El genoma de la planta parásita Striga, comúnmente conocida como bruja, ha sido secuenciada por primera vez por los genetistas de plantas de RIKEN.


por RIKEN


Este análisis genético ofrece información sobre cómo evolucionaron las plantas parásitas y una herramienta para mejorar el monitoreo y el control de la costosa hierba.

Striga, una plaga agrícola importante, causa miles de millones de dólares en pérdidas de cosechas anualmente. Se nutre de las raíces de las plantas hospederas , privándolas de agua y nutrientes. Los herbicidas y la eliminación mecánica pueden controlar la maleza, pero estos métodos son costosos y no eliminan las semillas del suelo.

Para mejorar nuestra comprensión de la evolución y la biología de Striga, el equipo de Ken Shirasu en el Centro RIKEN para la Ciencia de Recursos Sostenibles ha secuenciado el genoma de una especie de Striga que invadió los Estados Unidos en la década de 1950. También secuenciaron el transcriptoma de las especies de Striga más devastadoras.

El equipo identificó aproximadamente 35,000 genes codificadores de proteínas en el genoma, y ​​su análisis reveló evidencia de dos eventos de duplicación del genoma completo en su evolución. Más significativamente, encontraron evidencia de que el genoma de Striga evolucionó en tres fases, como lo sugieren las teorías de la evolución de plantas parasitarias.

Fotografía por: USDA APHIS PPQ Archive Crédito de imagen al Jardín Botánico Nacional de Australia

Primero, Striga adquirió genes para formar su raíz infecciosa reutilizando genes normalmente involucrados en la regulación de las raíces laterales.

Luego, el parásito perdió ciertas funciones a favor de obtener un recurso del host. Por ejemplo, las familias de genes relacionadas con la fotosíntesis se redujeron en Striga porque depende del carbono de su huésped.
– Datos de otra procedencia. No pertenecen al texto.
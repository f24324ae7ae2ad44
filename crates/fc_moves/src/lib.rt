//! The law of moves: what is copied before a grain is overwritten, and why it is safe.
//!
//! A physical grain of a volume may be the content of several copies. Before a host's write
//! overwrites it, or a background copy does, other volumes have to get theirs. What has to
//! move is said in two ways: step by step, each step judged on the chains as they are then
//! (`fc_base`, `specs/OneByOne`), and as one closed set with its order, on the chains as they were
//! before the first move (`fc_base`, `specs/Moves`). The law says that the two agree, that every
//! move finds its volume's grain free, and that after any of them, also after a write that failed in
//! the middle, every live volume shows what it did.
//!
//! The law speaks of one grain, since all moves of a write or a fill are of its grain. It holds
//! wherever each volume has at most one live slot and the restore graph has no loop.
//!
//! To read: `specs/Law`, what is said; then `proofs/`: `Search`, `Readers` and `Members` (plain
//! facts), `Prefixes` (what has been gained and lost after some moves), `Listing` (asking ends),
//! `Filling` and `Writing` (step by step is the list), `Shows` (contents), `Lists`, `Lawful`.
#![tactic(auto)]

ghost use Rattle.fc_moves.specs.Law.{MovesLaw};

/// The law, for a fill of any live slot that lacks the grain and for a write to any live
/// volume. It does nothing; a caller learns the law.
pub fn moves_law()
    ensures { MovesLaw }
{}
Striga también perdió muchos genes responsables de la respuesta hormonal a los estímulos ambientales, como la pérdida de agua.
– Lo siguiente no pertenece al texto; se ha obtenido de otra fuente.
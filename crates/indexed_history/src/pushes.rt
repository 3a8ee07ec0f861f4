// What each event changes in the indexes.
ghost use Rattle.std.specs.Prelude.{◌≡◌, ◌↔◌, ◌≤◌, ◌<◌, [], ◌∷◌, ◌++◌, Some, Err, IfOk, OnOk, OnErr, IsTrue};
ghost use Rattle.sound_table.specs.Sound.{IsSound};
ghost use Rattle.history_core.specs.declared.event.Event.{Event};
ghost use Rattle.history_core.specs.declared.fault.Limit.{Limit};
ghost use Rattle.history_core.specs.Initial.{load_of};
ghost use Rattle.history_core.specs.Transactions.{HasPending};
ghost use Rattle.history_core.specs.Legal.{Follows, WroteItself, full_for};
ghost use Rattle.history_core.specs.Chronicle.{followed_by, with_table};
ghost use Rattle.history_core.specs.Records.{IsNoDefinition, is_any_end};
ghost use Rattle.indexed_history.specs.Index.{IsIndex, AreAscending, GainsWriter, LosesWriter, ListsSame};
ghost use Rattle.indexed_history.specs.Keys.{IsKept, KeepsKeys};
ghost use Rattle.indexed_history.specs.Parts.{AreIndexed, IsTheTxn};
ghost use Rattle.indexed_history.specs.Writers.{IsPlain};

use crate::index::{Index, forget_writer, forget_writes, note_writer};
use crate::keys::note_key;
use crate::parts::Parts;
use crate::records::wrote_itself;
use cell_base::{Cell, Memory, Value};
use history_core::{BookFault, Event, History, Limit};
use sql_tree::Table;

/// Appends an event that leaves the indexes.
pub fn push_plain(parts: &mut Parts, event: Event) -> Result<(), BookFault>
    requires indexed { AreIndexed parts.old }
    requires follows { Follows parts.old.history.initial parts.old.history.events event }
    requires plain { IsPlain event }
    ensures indexed { AreIndexed parts.new }
    ensures ok { OnOk result (parts.new.history ≡ followed_by parts.old.history event) }
    ensures full { (limit : Limit) → (result ≡ Err (BookFault.Full limit)) ↔ (full_for parts.old.history.initial parts.old.history.events event ≡ Some limit) }
    ensures err { OnErr result (parts.new.history ≡ parts.old.history) }
{
    parts.history.push(event)
}

/// Appends the definition of a sound table.
pub fn push_table(parts: &mut Parts, session: u32, table: Table) -> Result<(), BookFault>
    requires indexed { AreIndexed parts.old }
    requires follows { Follows parts.old.history.initial parts.old.history.events (Event.Define session table.name) }
    requires sound { IsSound table }
    ensures indexed { AreIndexed parts.new }
    ensures ok { OnOk result (parts.new.history ≡ with_table parts.old.history session table) }
    ensures full { (limit : Limit) → (result ≡ Err (BookFault.Full limit)) ↔ (full_for parts.old.history.initial parts.old.history.events (Event.Define session table.name) ≡ Some limit) }
    ensures err { OnErr result (parts.new.history ≡ parts.old.history) }
{
    parts.history.push_define(session, table)
}

/// Takes the places of a cell that the transaction is about to write in both indexes, and gives a copy of the cell. Out of
/// memory the lists of transactions stay.
fn note_write(parts: &mut Parts, cell: &Cell, number: u32) -> Result<Cell, Memory>
    requires { AreAscending parts.old.index }
    ensures history { parts.new.history ≡ parts.old.history }
    ensures keys { KeepsKeys parts.old.keys parts.new.keys }
    ensures noted { OnOk result (IsKept parts.new.keys cell.now) }
    ensures ascending { AreAscending parts.new.index }
    ensures ok { OnOk result (GainsWriter parts.old.index cell.now number parts.new.index) }
    ensures copied { IfOk result (λ copy. copy ≡ cell.now) }
    ensures err { OnErr result (ListsSame parts.old.index parts.new.index) }
{
    note_key(&mut parts.keys, cell)?;
    let copy = cell.copy(parts.alloc)?;
    note_writer(&mut parts.index, cell, number)?;
    Ok(copy)
}

/// Appends an event. Where it is refused, the transaction is taken out of the list of the cell.
fn push_or_forget(
    parts: &mut Parts,
    event: Event,
    cell: &Cell,
    number: u32,
) -> Result<(), BookFault>
    requires ascending { AreAscending parts.old.index }
    requires follows { Follows parts.old.history.initial parts.old.history.events event }
    requires pushed { IsNoDefinition event }
    ensures keys { parts.new.keys ≡ parts.old.keys }
    ensures ascending { AreAscending parts.new.index }
    ensures ok { OnOk result (parts.new.history ≡ followed_by parts.old.history event) }
    ensures listed { OnOk result (parts.new.index ≡ parts.old.index) }
    ensures full { (limit : Limit) → (result ≡ Err (BookFault.Full limit)) ↔ (full_for parts.old.history.initial parts.old.history.events event ≡ Some limit) }
    ensures err { OnErr result (parts.new.history ≡ parts.old.history) }
    ensures loses { OnErr result (LosesWriter parts.old.index cell.now number parts.new.index) }
{
    match parts.history.push(event) {
        Ok(()) => Ok(()),
        Err(fault) => {
            forget_writer(&mut parts.index, cell, number);
            Err(fault)
        }
    }
}

/// Appends the first write of a cell by the transaction, which is pending in the session. Its places in both indexes are taken
/// first; where the event is refused, the transaction is taken out again.
fn push_first_write(
    parts: &mut Parts,
    session: u32,
    number: u32,
    cell: Cell,
    value: Value,
) -> Result<(), BookFault>
    requires indexed { AreIndexed parts.old }
    requires follows { Follows parts.old.history.initial parts.old.history.events (Event.Write session cell value) }
    requires load { load_of parts.old.history.initial parts.old.history.events < 1048576 }
    requires pending { IsTheTxn parts.old.history.events session number }
    requires unwritten { ¬ WroteItself parts.old.history.events session cell }
    ensures indexed { AreIndexed parts.new }
    ensures ok { OnOk result (parts.new.history ≡ followed_by parts.old.history (Event.Write session cell value)) }
    ensures memory { OnErr result (result ≡ Err BookFault.Memory) }
    ensures err { OnErr result (parts.new.history ≡ parts.old.history) }
{
    let written = note_write(parts, &cell, number)?;
    let event = Event::Write {
        session,
        cell,
        value,
    };
    push_or_forget(parts, event, &written, number)
}

/// Appends a further write of a cell that the pending transaction has written.
fn push_further_write(
    parts: &mut Parts,
    session: u32,
    _number: u32,
    cell: Cell,
    value: Value,
) -> Result<(), BookFault>
    requires indexed { AreIndexed parts.old }
    requires follows { Follows parts.old.history.initial parts.old.history.events (Event.Write session cell value) }
    requires pending { IsTheTxn parts.old.history.events session _number }
    requires written { WroteItself parts.old.history.events session cell }
    ensures indexed { AreIndexed parts.new }
    ensures ok { OnOk result (parts.new.history ≡ followed_by parts.old.history (Event.Write session cell value)) }
    ensures full { (limit : Limit) → (result ≡ Err (BookFault.Full limit)) ↔ (full_for parts.old.history.initial parts.old.history.events (Event.Write session cell value) ≡ Some limit) }
    ensures err { OnErr result (parts.new.history ≡ parts.old.history) }
{
    parts.history.push(Event::Write {
        session,
        cell,
        value,
    })
}

/// Appends a write of the session's pending transaction.
pub fn push_write(
    parts: &mut Parts,
    session: u32,
    cell: Cell,
    value: Value,
) -> Result<(), BookFault>
    requires indexed { AreIndexed parts.old }
    requires follows { Follows parts.old.history.initial parts.old.history.events (Event.Write session cell value) }
    ensures indexed { AreIndexed parts.new }
    ensures ok { OnOk result (parts.new.history ≡ followed_by parts.old.history (Event.Write session cell value)) }
    ensures full { (limit : Limit) → (result ≡ Err (BookFault.Full limit)) ↔ (full_for parts.old.history.initial parts.old.history.events (Event.Write session cell value) ≡ Some limit) }
    ensures err { OnErr result (parts.new.history ≡ parts.old.history) }
{
    let Some(number) = parts.history.pending(session) else {
        unreachable!()
    };
    if wrote_itself(&parts.history, session, &cell) {
        return push_further_write(parts, session, number, cell, value);
    }
    if parts.history.load() >= 1_048_576 {
        return Err(BookFault::Full(Limit::Load));
    }
    push_first_write(parts, session, number, cell, value)
}

/// Takes the session's pending transaction, which rolls back, out of the lists of the cells that it wrote.
fn forget_pending(index: &mut Index, history: &History, session: u32)
    requires indexed { IsIndex history.now.events index.old }
    requires pending { HasPending history.now.events session }
    ensures { IsIndex (history.now.events ++ Event.Rollback session ∷ []) index.new }
{
    match history.pending(session) {
        Some(number) => forget_writes(index, history.txn(number).buffer.writes(), number),
        None => unreachable!(),
    }
}

/// Takes a transaction that rolls back out of the lists. Any other end leaves them.
fn forget_ended(index: &mut Index, history: &History, event: &Event)
    requires indexed { IsIndex history.now.events index.old }
    requires follows { Follows history.now.initial history.now.events event.now }
    requires end { IsTrue (is_any_end event.now) }
    ensures { IsIndex (history.now.events ++ event.now ∷ []) index.new }
{
    match event {
        Event::Rollback { session } => forget_pending(index, history, *session),
        _ => {}
    }
}

/// Appends a Commit, a Rollback or a Close. Takes no memory.
pub fn push_end(parts: &mut Parts, event: Event)
    requires indexed { AreIndexed parts.old }
    requires follows { Follows parts.old.history.initial parts.old.history.events event }
    requires end { IsTrue (is_any_end event) }
    ensures indexed { AreIndexed parts.new }
    ensures adds { parts.new.history ≡ followed_by parts.old.history event }
{
    forget_ended(&mut parts.index, &parts.history, &event);
    parts.history.end(event);
}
La relación se vuelve más especializada en hosts específicos. Las semillas y plántulas de Striga detectan a su huésped mediante la detección de hormonas conocidas como estrigolactonas. La familia de genes con detección de estrigolactona se expandió dramáticamente en Striga, permitiendo que las plántulas reconozcan y colonicen en una amplia gama de huéspedes.

«La expansión de la familia de genes con detección de estrigolactona fue sorprendente», dice Shirasu. «También descubrimos que muchos de estos genes se expresan no en semillas sino en raíces, lo que significa que algunos de los miembros de la familia de genes están haciendo algo más que controlar la germinación».

Finalmente, la comparación del genoma de Striga con otros genomas de plantas reveló varias transferencias de grandes fragmentos genómicos entre especies. Esto sugiere que Striga puede adquirir material genético de sus anfitriones, lo que puede haber afectado su evolución.

Estos hallazgos abren la puerta a más análisis genéticos y genómicos. «Con estos datos genómicos, actualmente también podemos monitorear la propagación de Striga en el campo a nivel del genoma», dice Shirasu. «Esto significa que podemos aprender cómo Striga se está adaptando para infectar los cultivares actuales o para evitar agroquímicos, lo que podría proporcionar una estrategia para seleccionar cultivares y productos químicos».